Acoustic
Reflect Tests: Caution using high intensity stimulus
Acoustic
reflex tests are valuable assessment tools used to help
determine whether hearing loss is due to middle ear,
cochlear, or retrocochlear pathology.
Acoustic reflex test procedures for those
individuals who may have retrocochlear pathology requires
presenting stimuli at very high intensities.
In addition, at these high intensity levels, acoustic
reflex responses are often absent with retrocochlear
pathologies.
The purpose of this article is to inform
Audiologists of the inherent dangers of testing at high
intensities and what must be done to prevent causing
permanent threshold shifts due to unsafe testing
procedures.
Published
reports have made several recommendations regarding which
levels of testing are within safe levels.

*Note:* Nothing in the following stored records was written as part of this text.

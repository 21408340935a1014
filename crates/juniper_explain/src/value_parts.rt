//! Parts of given values: where they stand, what they are held to, and what is said of those that do not fit.

ghost use Rattle.std.specs.Prelude.{◌≡◌, ◌∷◌, [], ◌++◌, ◌&&◌, IfOk, OnOk, map, not, option_map, string_bytes, true};
ghost use Rattle.std.specs.Option.{is_some};
ghost use Rattle.graphql_spec.specs.Fields.{declaration_in, type_named};
ghost use Rattle.graphql_spec.specs.Fits as fit;
ghost use Rattle.graphql_spec.specs.Rules.{must_be_written};
ghost use Rattle.graphql_spec.specs.Types.{innermost};
ghost use Rattle.juniper_meta.specs.MetaView.{shape_of, view_argument, view_enum_value, view_type};
ghost use Rattle.juniper_schema.specs.SchemaView.{view_schema};
ghost use Rattle.juniper_syntax.specs.InputView.{view_fields, view_input};
ghost use Rattle.juniper_written.specs.WrittenView.{view_names};
ghost use Rattle.juniper_explain.specs.Reasons as reasons;
ghost use Rattle.juniper_explain.specs.Reasons.{meant_by, missing_at, missing_field, repeated_at, repeated_text, text_unless};
ghost use Rattle.juniper_explain.specs.Reasons.{undeclared_at, unfit_at, value_names, word_in, wrong_size};
ghost use Rattle.juniper_explain.specs.ReasonsView.{place_text, view_messages};

use crate::given::names_of;
use crate::nearest::{suggested, suggestion};
use juniper_meta::{Argument, EnumValue, MetaType, find_argument};
use juniper_schema::{SchemaType, has_field};
use juniper_syntax::{InputField, InputValue, ScalarValue, Type};
use juniper_type_rules::input_fields;
use std::alloc::{AllocError, Global};

/// Where a given value stands.
#[derive(Clone, Copy)]
pub(crate) enum ValuePlace<'p> {
    /// It is the value of the variable of this name.
    Variable(&'p str),
    /// In the object at this path, the field of this name.
    Field(&'p str, &'p str),
    /// In the list at this path, the item of this position.
    Item(&'p str, usize),
}

impl ValuePlace<'_> {
    /// The path of the value, from its variable on: `$f.filter[0].name`.
    #[tactic(auto, unfolding(crate::specs::ReasonsView::place_text, crate::specs::Reasons::variable_path, crate::specs::Reasons::field_path, crate::specs::Reasons::item_path))]
    pub fn path(&self, alloc: Global) -> Result<String, AllocError>
        ensures { IfOk result (λ t. string_bytes t ≡ place_text self.now) }
    {
        match self {
            ValuePlace::Variable(name) => format!(in alloc; "${name}"),
            ValuePlace::Field(path, name) => format!(in alloc; "{path}.{name}"),
            ValuePlace::Item(path, index) => format!(in alloc; "{path}[{index}]"),
        }
    }
}

/// Whether it is a list type.
#[tactic(auto, unfolding(crate::specs::Reasons::is_list))]
pub(crate) fn is_list(expected: &Type<String>) -> bool
    ensures { result ≡ reasons.is_list (view_type expected.now) }
{
    match expected {
        Type::Named(_) => false,
        Type::NonNullNamed(_) => false,
        Type::List(_, _) => true,
        Type::NonNullList(_, _) => true,
    }
}

/// Whether an object may stand at the type: an input object, or lists of one item each around one (3.10, 3.11).
#[tactic(auto, unfolding(crate::specs::Reasons::takes_fields, graphql_spec::specs::Fits::through))]
pub(crate) fn takes_fields<S: ScalarValue>(schema: &SchemaType<S>, expected: &Type<String>) -> bool
    ensures { result ≡ reasons.takes_fields (view_schema S.shown schema.now) (view_type expected.now) }
{
    match expected {
        Type::Named(name) => names_input_object(schema, name.as_str()),
        Type::NonNullNamed(name) => names_input_object(schema, name.as_str()),
        Type::List(inner, size) => is_of_one(*size) && takes_fields(schema, &**inner),
        Type::NonNullList(inner, size) => is_of_one(*size) && takes_fields(schema, &**inner),
    }
}

/// Whether a list of one item has the expected number of items, where there is one.
#[tactic(auto, unfolding(graphql_spec::specs::Fits::size_met))]
fn is_of_one(expected: Option<usize>) -> bool
    ensures { result ≡ fit.size_met expected 1 }
{
    match expected {
        Some(size) => size == 1,
        None => true,
    }
}

/// Whether an input object is declared at the name.
#[tactic(auto, unfolding(graphql_spec::specs::Fits::input_object_fits))]
fn names_input_object<S: ScalarValue>(schema: &SchemaType<S>, name: &str) -> bool
    ensures { result ≡ fit.input_object_fits (λ ds. true) (type_named (view_schema S.shown schema.now) name.now) }
{
    match schema.concrete_type_by_name(name) {
        Some(meta) => is_input_object(meta),
        None => false,
    }
}

/// Whether it is an input object.
#[tactic(auto, unfolding(juniper_meta::specs::MetaView::view_meta, graphql_spec::specs::Fits::input_object_fits))]
fn is_input_object<S: ScalarValue>(meta: &MetaType<S>) -> bool
    ensures { result ≡ fit.input_object_fits (λ ds. true) (shape_of S.shown meta.now) }
{
    match meta {
        MetaType::InputObject(_) => true,
        MetaType::Scalar(_)
        | MetaType::List(_)
        | MetaType::Nullable(_)
        | MetaType::Object(_)
        | MetaType::Enum(_)
        | MetaType::Interface(_)
        | MetaType::Union(_)
        | MetaType::Placeholder(_) => false,
    }
}

/// Adds a text.
pub(crate) fn say(messages: &mut Vec<String>, message: String) -> Result<(), AllocError>
    ensures { OnOk result (view_messages messages.new.items ≡ view_messages messages.old.items ++ string_bytes message ∷ []) }
{
    messages.push(message)?;
    Ok(())
}

/// Adds that a value is none of a type.
#[tactic(auto, unfolding(crate::specs::Reasons::unfit_at, crate::specs::Reasons::unfit_text))]
pub(crate) fn add_unfit<S: ScalarValue>(
    alloc: Global,
    schema: &SchemaType<S>,
    value: &InputValue<S>,
    expected: &Type<String>,
    path: &str,
    messages: &mut Vec<String>,
) -> Result<(), AllocError>
    ensures { OnOk result (view_messages messages.new.items ≡ view_messages messages.old.items
        ++ unfit_at (view_schema S.shown schema.now) (view_input S.shown value.now) (view_type expected.now) path.now ∷ []) }
{
    let near = meant_value(alloc, schema, value, expected)?;
    let meant = suggestion(alloc, near)?;
    let message = format!(in alloc; "Value `{value}` at `{path}` is no `{expected}`{meant}")?;
    say(messages, message)
}

/// The enum's value that may have been meant by a text at a type, or by a name that is none of its values.
fn meant_value<'s, S: ScalarValue>(
    alloc: Global,
    schema: &'s SchemaType<S>,
    value: &InputValue<S>,
    expected: &Type<String>,
) -> Result<Option<&'s str>, AllocError>
    ensures { IfOk result (λ o. option_map (λ k. k.now) o
        ≡ meant_by (value_names (type_named (view_schema S.shown schema.now) (innermost (view_type expected.now)))) (word_in (view_input S.shown value.now))) }
{
    match word_in(value) {
        Some(word) => {
            let names = value_names(alloc, schema, expected.innermost_name())?;
            suggested(alloc, word, &names)
        }
        None => Ok(None),
    }
}

/// The text or the name that a value is, where it is one.
#[tactic(auto, using(juniper_syntax::proofs::Inputs::input_views), unfolding(crate::specs::Reasons::word_in))]
fn word_in<S: ScalarValue>(value: &InputValue<S>) -> Option<&str>
    ensures { option_map (λ w. w.now) result ≡ word_in (view_input S.shown value.now) }
{
    match value {
        InputValue::Scalar(scalar) => scalar.try_to_str(),
        InputValue::Enum(name) => Some(name.as_str()),
        InputValue::Null => None,
        InputValue::Variable(_) => None,
        InputValue::List(_) => None,
        InputValue::Object(_) => None,
    }
}

/// The values of the enum at this name; none where none is declared there.
fn value_names<'s, S: ScalarValue>(
    alloc: Global,
    schema: &'s SchemaType<S>,
    type_name: &str,
) -> Result<Vec<&'s str>, AllocError>
    ensures { IfOk result (λ ns. view_names ns.items ≡ value_names (type_named (view_schema S.shown schema.now) type_name.now)) }
{
    match schema.concrete_type_by_name(type_name) {
        Some(meta) => names_of_values(alloc, meta.values()),
        None => Ok(Vec::new(alloc)),
    }
}

/// The names of an enum's values.
fn names_of_values<'s>(alloc: Global, values: &'s [EnumValue]) -> Result<Vec<&'s str>, AllocError>
    ensures { IfOk result (λ ns. view_names ns.items ≡ map (λ v. v.name) (map view_enum_value values.now)) }
{
    let mut names = Vec::with_capacity(alloc, values.len())?;
    for value in values {
        names.push(value.name.as_str())?;
    }
    Ok(names)
}

/// Adds that a list has not the expected number of items, where there is one and it has another.
#[tactic(auto, unfolding(crate::specs::Reasons::wrong_size, crate::specs::Reasons::text_unless, crate::specs::Reasons::size_text))]
pub(crate) fn add_wrong_size(
    alloc: Global,
    count: usize,
    expected: &Type<String>,
    path: &str,
    messages: &mut Vec<String>,
) -> Result<(), AllocError>
    ensures { OnOk result (view_messages messages.new.items ≡ view_messages messages.old.items
        ++ wrong_size (reasons.size_of (view_type expected.now)) count path.now) }
{
    match size_of(expected) {
        Some(size) if size != count => {
            let message = format!(in alloc; "List at `{path}` has length {count}, not {size}")?;
            say(messages, message)
        }
        _ => Ok(()),
    }
}

/// The number of items that a list type expects, where it expects one.
#[tactic(auto, unfolding(crate::specs::Reasons::size_of))]
fn size_of(expected: &Type<String>) -> Option<usize>
    ensures { result ≡ reasons.size_of (view_type expected.now) }
{
    match expected {
        Type::Named(_) => None,
        Type::NonNullNamed(_) => None,
        Type::List(_, size) => *size,
        Type::NonNullList(_, size) => *size,
    }
}

/// Adds which fields are declared, and written more than once (5.6.3).
#[tactic(auto, unfolding(crate::specs::Reasons::repeated_at, crate::specs::Reasons::repeated_names))]
pub(crate) fn add_repeated<S: ScalarValue>(
    alloc: Global,
    schema: &SchemaType<S>,
    fields: &[InputField<S>],
    expected: &Type<String>,
    path: &str,
    messages: &mut Vec<String>,
) -> Result<(), AllocError>
    ensures { OnOk result (view_messages messages.new.items ≡ view_messages messages.old.items
        ++ repeated_at (view_schema S.shown schema.now) (view_fields S.shown fields.now) (view_type expected.now) path.now) }
{
    let declared = input_fields(schema, expected);
    let mut left = fields;
    while let [(name, _), others @ ..] = left {
        add_repeat(alloc, declared, name.item.as_str(), others, path, messages)?;
        left = others;
    }
    Ok(())
}

/// Adds that a field is declared, and stands among the others too.
#[tactic(auto, unfolding(crate::specs::Reasons::text_unless, crate::specs::Reasons::repeated_text))]
fn add_repeat<S: ScalarValue>(
    alloc: Global,
    declared: &[Argument<S>],
    name: &str,
    others: &[InputField<S>],
    path: &str,
    messages: &mut Vec<String>,
) -> Result<(), AllocError>
    ensures { OnOk result (view_messages messages.new.items ≡ view_messages messages.old.items
        ++ text_unless (not (is_some (declaration_in (map (view_argument S.shown) declared.now) name.now)
        && fit.has_field name.now (view_fields S.shown others.now))) (repeated_text name.now path.now)) }
{
    if !is_repeated(declared, name, others) {
        return Ok(());
    }
    let message = format!(in alloc; "Field `{name}` is not unique at `{path}`")?;
    say(messages, message)
}

/// Whether a field is declared, and stands among the others too.
fn is_repeated<S: ScalarValue>(
    declared: &[Argument<S>],
    name: &str,
    others: &[InputField<S>],
) -> bool
    ensures { result ≡ (is_some (declaration_in (map (view_argument S.shown) declared.now) name.now)
        && fit.has_field name.now (view_fields S.shown others.now)) }
{
    find_argument(declared, name).is_some() && has_field(others, name)
}

/// Adds which declared fields of an input object must be written, and are not (3.10).
#[tactic(auto, unfolding(crate::specs::Reasons::missing_at))]
pub(crate) fn add_missing<S: ScalarValue>(
    alloc: Global,
    schema: &SchemaType<S>,
    fields: &[InputField<S>],
    expected: &Type<String>,
    path: &str,
    messages: &mut Vec<String>,
) -> Result<(), AllocError>
    ensures { OnOk result (view_messages messages.new.items ≡ view_messages messages.old.items
        ++ missing_at (view_schema S.shown schema.now) (view_fields S.shown fields.now) (view_type expected.now) path.now) }
{
    let type_name = expected.innermost_name();
    let declared = input_fields(schema, expected);
    for field in declared {
        add_missing_field(alloc, fields, field, type_name, path, messages)?;
    }
    Ok(())
}

/// Adds that a declared field must be written, and is not.
#[tactic(auto, unfolding(crate::specs::Reasons::missing_field, crate::specs::Reasons::text_unless, crate::specs::Reasons::missing_text))]
fn add_missing_field<S: ScalarValue>(
    alloc: Global,
    fields: &[InputField<S>],
    declared: &Argument<S>,
    type_name: &str,
    path: &str,
    messages: &mut Vec<String>,
) -> Result<(), AllocError>
    ensures { OnOk result (view_messages messages.new.items ≡ view_messages messages.old.items
        ++ missing_field (view_fields S.shown fields.now) type_name.now path.now (view_argument S.shown declared.now)) }
{
    let name = declared.name.as_str();
    if !must_be_written(declared) || has_field(fields, name) {
        return Ok(());
    }
    let reference = &declared.arg_type;
    let message = format!(in alloc;
        "Field `{name}` of `{type_name}` is missing at `{path}`; it is `{reference}`"
    )?;
    say(messages, message)
}

/// Whether a declared field is non-null and has no default.
#[tactic(auto, unfolding(graphql_spec::specs::Rules::must_be_written))]
fn must_be_written<S: ScalarValue>(declared: &Argument<S>) -> bool
    ensures { result ≡ must_be_written (view_argument S.shown declared.now) }
{
    declared.arg_type.is_non_null() && declared.default_value.is_none()
}

/// Adds that the input object at a type does not declare a field of this name.
#[tactic(auto, unfolding(crate::specs::Reasons::undeclared_at, crate::specs::Reasons::undeclared_text))]
pub(crate) fn add_undeclared<S: ScalarValue>(
    alloc: Global,
    schema: &SchemaType<S>,
    name: &str,
    expected: &Type<String>,
    path: &str,
    messages: &mut Vec<String>,
) -> Result<(), AllocError>
    ensures { OnOk result (view_messages messages.new.items ≡ view_messages messages.old.items
        ++ undeclared_at (view_schema S.shown schema.now) name.now (view_type expected.now) path.now ∷ []) }
{
    let names = names_of(alloc, input_fields(schema, expected))?;
    let near = suggested(alloc, name, &names)?;
    let meant = suggestion(alloc, near)?;
    let type_name = expected.innermost_name();
    let message = format!(in alloc; "Unknown field `{name}` of `{type_name}` at `{path}`{meant}")?;
    say(messages, message)
}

Wilson & Margolis (1999) state that testing
should not exceed 110 dB SPL.
Jacobson & Northern (1991) say that testing
should not exceed 110 dB HL (see
decimal scales).
If this is the case, why then are commercially
available instruments allowing for testing at levels in
excess of 120 dB HL or higher?
There have been documented examples of clients with
SNHL who have suffered permanent
threshold shift due to high stimulus intensity testing
(Hunter et al. 1999).
Individuals
have a wide range of susceptibility to noise induced PTS,
and there is not a reliable method of predicting who is
more susceptible than others.
As
we know, pure tone stimuli focuses a lot of sound energy
on a small area of the basilar membrane and according from
data obtained by Ward 1991, PTS has not been evident with
signal levels below 120 dB SPL.
Audiologists need to know however, that 120 dB SPL
will vary in dB SPL, depending on the frequency of the
stimulus, the earphone type and the size of the ear canal.
With this in mind, Hunter et al. 1999 recommend an
upper limit of 120 dB SPL for acoustic reflex testing.

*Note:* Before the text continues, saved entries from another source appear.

//! A mutation with a log, whose steps may be torn where memory is wanting; and resolvers that say that it is (sections 6.2.2 and 6.4.4 of the
//! Specification).

use crate::log::{Entry, Log};
use crate::log_types::{LogMutation, LogQuery};
use crate::turns::{Ended, Room, Task, Turn, tried};
use juniper::{
    DefaultScalarValue, EmptySubscription, GraphQLError, Registry, RootNode, Variables,
    execute_sync,
};
use juniper_demo_server::{Outcome, show};
use std::alloc::{AllocError, Global};
use std::test::Fail;

/// The root of the log's server.
type LogRoot = RootNode<LogQuery, LogMutation, EmptySubscription<Log>, DefaultScalarValue>;

/// The root of the log's server; an error also where none can be made.
fn log_root(alloc: Global) -> Result<LogRoot, AllocError> {
    let mut registry = Registry::empty(alloc);
    if registry.register::<LogQuery>(&()).is_err()
        || registry.register::<LogMutation>(&()).is_err()
    {
        return Err(AllocError);
    }
    let query = LogQuery { root: () };
    let subscription = EmptySubscription::new();
    match RootNode::new(
        alloc,
        query,
        LogMutation,
        subscription,
        registry,
        (),
        (),
        (),
    ) {
        Ok(root) => Ok(root),
        Err(_) => Err(AllocError),
    }
}

/// A root, and how many entries logs had where memory was wanting: from none up to four.
#[derive(Drop)]
struct Noting<'r> {
    root: &'r LogRoot,
    seen: [bool; 5],
}

impl<'r> Task for Noting<'r> {
    fn turn(&mut self, alloc: Global, room: Room) -> Turn {
        let variables = Variables::new(alloc);
        let mut log = Log::empty(alloc);
        let held_back = room.hold_back(alloc);
        let outcome = execute_sync(
            alloc,
            "mutation { a: note b: note }",
            None,
            self.root,
            &variables,
            &mut log,
        );
        drop(held_back);
        match outcome {
            Err(GraphQLError::OutOfMemory) => self.saw(log.entries()),
            other => told(alloc, &other, log.entries(), r#"{"data":{"a":1,"b":1}}"#, 4),
        }
    }
}

impl<'r> Noting<'r> {
    /// Notes how many entries there are; they are those of the steps, one behind the other.
    fn saw(&mut self, entries: &[Entry]) -> Turn {
        match self.seen.get_mut(entries.len()) {
            Some(seen) if are_of_steps(entries) => {
                *seen = true;
                Turn::Refused
            }
            _ => Turn::Wrong,
        }
    }
}

/// Whether each entry is the first one of a step, and behind it the second one.
fn are_of_steps(entries: &[Entry]) -> bool {
    let mut is_first = true;
    for entry in entries {
        let beginning = if is_first {
            "A step has begun"
        } else {
            "The step is done"
        };
        if !entry.text().starts_with(beginning) {
            return false;
        }
        is_first = !is_first;
    }
    true
}

/// How a turn ended that was answered: with this line, and so many entries.
fn told(alloc: Global, outcome: &Outcome, entries: &[Entry], line: &str, count: usize) -> Turn {
    match show(alloc, outcome) {
        Ok(answer)
            if answer.line.as_str() == line && entries.len() == count && are_of_steps(entries) =>
            Turn::Answered,
        _ => Turn::Wrong,
    }
}

#[test]
fn a_log_may_be_torn(rt: HostRuntime) -> Result<(), Fail> {
    let root = log_root(rt.alloc())?;
    let mut noting = Noting {
        root: &root,
        seen: [false; 5],
    };
    assert_eq!(rt; tried(rt.alloc(), &mut noting)?, Ended::Answered);
    let [none, first, second, third, _] = noting.seen;
    assert_eq!(rt; [none, first, second, third], [true; 4]);
    Ok(())
}

/// Requests to the log's server, and what is answered, with how many entries there are then. Memory is ample, but not to `memory` and `lost`.
const ROWS: &str = r#"{ id } => {"data":{"id":"q1"}} 0
{ memory } => refused: Out of memory 0
{ id memory } => refused: Out of memory 0
{ memory @skip(if: true) id } => {"data":{"id":"q1"}} 0
mutation { note } => {"data":{"note":1}} 2
mutation { lost } => refused: Out of memory 1
mutation { a: note lost b: note } => refused: Out of memory 3
mutation { a: note lost @skip(if: true) b: note } => {"data":{"a":1,"b":1}} 4"#;

/// What a request is answered, and how many entries there are then.
fn answered(alloc: Global, root: &LogRoot, text: &str) -> Result<String, AllocError> {
    let variables = Variables::new(alloc);
    let mut log = Log::empty(alloc);
    let outcome = execute_sync(alloc, text, None, root, &variables, &mut log);
    let line = show(alloc, &outcome)?.line;
    let count = log.entries().len();
    format!(in alloc; "{line} {count}")
}

/// The first row that says something else.
fn first_other(alloc: Global, root: &LogRoot) -> Result<Option<&'static str>, AllocError> {
    for row in ROWS.lines() {
        match row.split_once(" => ") {
            Some((text, said)) if answered(alloc, root, text)?.as_str() == said => {}
            _ => return Ok(Some(row)),
        }
    }
    Ok(None)
}

#[test]
fn memory_that_a_resolver_lacks_is_no_error_of_a_field(rt: HostRuntime) -> Result<(), Fail> {
    let root = log_root(rt.alloc())?;
    assert_eq!(rt; first_other(rt.alloc(), &root)?, None);
    Ok(())
}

It is important to note however, that smaller ear
canal volumes will result in an increased SPL over larger
ear canals (thus extra care must be taken when assessing
young children and infants).
It is the Audiologist's responsibility to determine
the SPL of the reflex activating stimulus through
calibration procedures to determine whether or not the
signal intensity is within safe limits for testing.
The
increase in ART as a function of hearing level also bears
a direct relationship to the percent of ears that can be
tested at safe levels with ARD tests, because ARD is
performed 10 dB above the ART level.
According
to the Hunter et al. 1999 study, all those individuals who
produce measurable acoustic reflex responses above 105 dB
SPL will not be testable for reflex decay due to safety
reason.
That is because reflex decay is measured at 10 dB
above the level of the reflex decay, or in this case,
above 115 dB SPL.
The
figure of 115 dB SPL is not a standardized value for the
upper limits of ARD testing.
In fact, ANSI
S3.39 (1987) provides specifications for aural
acoustic immittance instruments, but does not specify
reference values for reflex activator stimuli.
I am merely bringing it to the attention of
Audiologists and related hearing professionals that there is
documented evidence that cases of permanent threshold
shift have occurred with stimulus levels above 115 dB SPL.